Start of Input material

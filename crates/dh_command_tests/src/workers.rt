//! That as many workers are at work at once as the words ask for.

use dh_command::Status;
use dh_parse::parse;
use dh_ports::{
    Content, DeskFails, Found, Got, HoldGate, MemDesk, MemFeed, MemSink, Silent, are_short,
};
use dh_syntax::{Bytes, Expr, Loc, Many, Op};
use dh_top::run_dhall;
use std::alloc::{AllocError, Global};
use std::process::Abort;
use std::sync::Wait;
use std::test::Fail;
use std::thread::Threads;

/// Locations, each with its text.
const TOWER: [(&str, &str); 4] = [
    ("./top", "./l + ./r"),
    ("./l", "./foot + 1"),
    ("./r", "./foot + 2"),
    ("./foot", "10"),
];

fn bytes_of(alloc: Global, text: &str) -> Result<Bytes, AllocError> {
    Ok(Bytes::of(Vec::from_slice(alloc, text.as_bytes())?))
}

/// The location that a text spells.
fn loc_of(alloc: Global, text: &str) -> Result<Loc, Fail> {
    let Ok(e) = parse(alloc, text.as_bytes()) else {
        return Err(Fail::from("no expression"));
    };
    match &e {
        Expr::Node(Op::Import(import), _) => Ok(import.get().loc.copied(alloc)?),
        _ => Err(Fail::from("no location")),
    }
}

/// A desk over the texts of the tower.
fn desk(alloc: Global) -> Result<MemDesk, Fail> {
    let mut contents = Many::new(alloc);
    for (loc, text) in TOWER {
        let bytes = bytes_of(alloc, text)?;
        let got = Got::Found(Found { bytes, allow: None });
        let loc = loc_of(alloc, loc)?;
        contents.push(Content { loc, got })?;
    }
    let fails = DeskFails {
        fetch: Many::new(alloc),
        look: Many::new(alloc),
        keep: Many::new(alloc),
    };
    if !are_short(&contents) {
        return Err(Fail::from("a text that is too long"));
    }
    Ok(MemDesk::new(alloc, contents, Many::new(alloc), fails))
}

/// The words of `normalize` with so many workers.
fn words(alloc: Global, workers: &str) -> Result<Vec<String>, AllocError> {
    let mut words = Vec::new(alloc);
    for word in ["normalize", "--workers", workers] {
        words.push(String::from_str(alloc, word)?)?;
    }
    Ok(words)
}

/// The normal form of the tower, by so many workers, where a gate holds the fetch of one location until that of another was reached:
/// whether the gate gave up.
fn held_in_vain<R: Threads + Wait + Sync + Abort + Eprint>(
    rt: &R,
    alloc: Global,
    workers: &str,
    held: &str,
    other: &str,
) -> Result<bool, Fail> {
    let gate = HoldGate::new(loc_of(alloc, held)?, loc_of(alloc, other)?);
    let words = words(alloc, workers)?;
    let mut desks = vec![in alloc; desk(alloc)?, desk(alloc)?]?;
    let mut input = MemFeed::new(alloc, bytes_of(alloc, "./top")?, Many::new(alloc));
    let mut out = MemSink::new(alloc, Many::new(alloc));
    let mut err = MemSink::new(alloc, Many::new(alloc));
    let words = words.as_slice();
    let status = run_dhall::<R, Silent, MemDesk, MemFeed, MemSink, MemSink, HoldGate>(
        rt, alloc, words, &mut desks, &mut input, &mut out, &mut err, &gate,
    );
    assert_eq!(rt; out.written_bytes(), b"23\n".as_slice());
    assert_eq!(rt; err.written_bytes(), b"".as_slice());
    assert_eq!(rt; status, Status::Ok);
    Ok(gate.gave_up())
}

#[test]
fn two_texts_are_under_way_at_once(rt: HostRuntime) -> Result<(), Fail> {
    // Whichever of the two one worker fetches first is held in vain.
    for (workers, in_vain) in [("2", false), ("1", true)] {
        let left = held_in_vain(&rt, rt.alloc(), workers, "./l", "./r")?;
        let right = held_in_vain(&rt, rt.alloc(), workers, "./r", "./l")?;
        assert_eq!(rt; left || right, in_vain);
    }
    Ok(())
}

End of Input material

## What you have to do
Can you give every line above again, exactly as written?

## Solution to this exercise
filename crates/dh_command_tests/src/workers.rt
//! That as many workers are at work at once as the words ask for.

use dh_command::Status;
use dh_parse::parse;
use dh_ports::{
    Content, DeskFails, Found, Got, HoldGate, MemDesk, MemFeed, MemSink, Silent, are_short,
};
use dh_syntax::{Bytes, Expr, Loc, Many, Op};
use dh_top::run_dhall;
use std::alloc::{AllocError, Global};
use std::process::Abort;
use std::sync::Wait;
use std::test::Fail;
use std::thread::Threads;

/// Locations, each with its text.
const TOWER: [(&str, &str); 4] = [
    ("./top", "./l + ./r"),
    ("./l", "./foot + 1"),
    ("./r", "./foot + 2"),
    ("./foot", "10"),
];

fn bytes_of(alloc: Global, text: &str) -> Result<Bytes, AllocError> {
    Ok(Bytes::of(Vec::from_slice(alloc, text.as_bytes())?))
}

/// The location that a text spells.
fn loc_of(alloc: Global, text: &str) -> Result<Loc, Fail> {
    let Ok(e) = parse(alloc, text.as_bytes()) else {
        return Err(Fail::from("no expression"));
    };
    match &e {
        Expr::Node(Op::Import(import), _) => Ok(import.get().loc.copied(alloc)?),
        _ => Err(Fail::from("no location")),
    }
}

/// A desk over the texts of the tower.
fn desk(alloc: Global) -> Result<MemDesk, Fail> {
    let mut contents = Many::new(alloc);
    for (loc, text) in TOWER {
        let bytes = bytes_of(alloc, text)?;
        let got = Got::Found(Found { bytes, allow: None });
        let loc = loc_of(alloc, loc)?;
        contents.push(Content { loc, got })?;
    }
    let fails = DeskFails {
        fetch: Many::new(alloc),
        look: Many::new(alloc),
        keep: Many::new(alloc),
    };
    if !are_short(&contents) {
        return Err(Fail::from("a text that is too long"));
    }
    Ok(MemDesk::new(alloc, contents, Many::new(alloc), fails))
}

/// The words of `normalize` with so many workers.
fn words(alloc: Global, workers: &str) -> Result<Vec<String>, AllocError> {
    let mut words = Vec::new(alloc);
    for word in ["normalize", "--workers", workers] {
        words.push(String::from_str(alloc, word)?)?;
    }
    Ok(words)
}

/// The normal form of the tower, by so many workers, where a gate holds the fetch of one location until that of another was reached:
/// whether the gate gave up.
fn held_in_vain<R: Threads + Wait + Sync + Abort + Eprint>(
    rt: &R,
    alloc: Global,
    workers: &str,
    held: &str,
    other: &str,
) -> Result<bool, Fail> {
    let gate = HoldGate::new(loc_of(alloc, held)?, loc_of(alloc, other)?);
    let words = words(alloc, workers)?;
    let mut desks = vec![in alloc; desk(alloc)?, desk(alloc)?]?;
    let mut input = MemFeed::new(alloc, bytes_of(alloc, "./top")?, Many::new(alloc));
    let mut out = MemSink::new(alloc, Many::new(alloc));
    let mut err = MemSink::new(alloc, Many::new(alloc));
    let words = words.as_slice();
    let status = run_dhall::<R, Silent, MemDesk, MemFeed, MemSink, MemSink, HoldGate>(
        rt, alloc, words, &mut desks, &mut input, &mut out, &mut err, &gate,
    );
    assert_eq!(rt; out.written_bytes(), b"23\n".as_slice());
    assert_eq!(rt; err.written_bytes(), b"".as_slice());
    assert_eq!(rt; status, Status::Ok);
    Ok(gate.gave_up())
}

#[test]
fn two_texts_are_under_way_at_once(rt: HostRuntime) -> Result<(), Fail> {
    // Whichever of the two one worker fetches first is held in vain.
    for (workers, in_vain) in [("2", false), ("1", true)] {
        let left = held_in_vain(&rt, rt.alloc(), workers, "./l", "./r")?;
        let right = held_in_vain(&rt, rt.alloc(), workers, "./r", "./l")?;
        assert_eq!(rt; left || right, in_vain);
    }
    Ok(())
}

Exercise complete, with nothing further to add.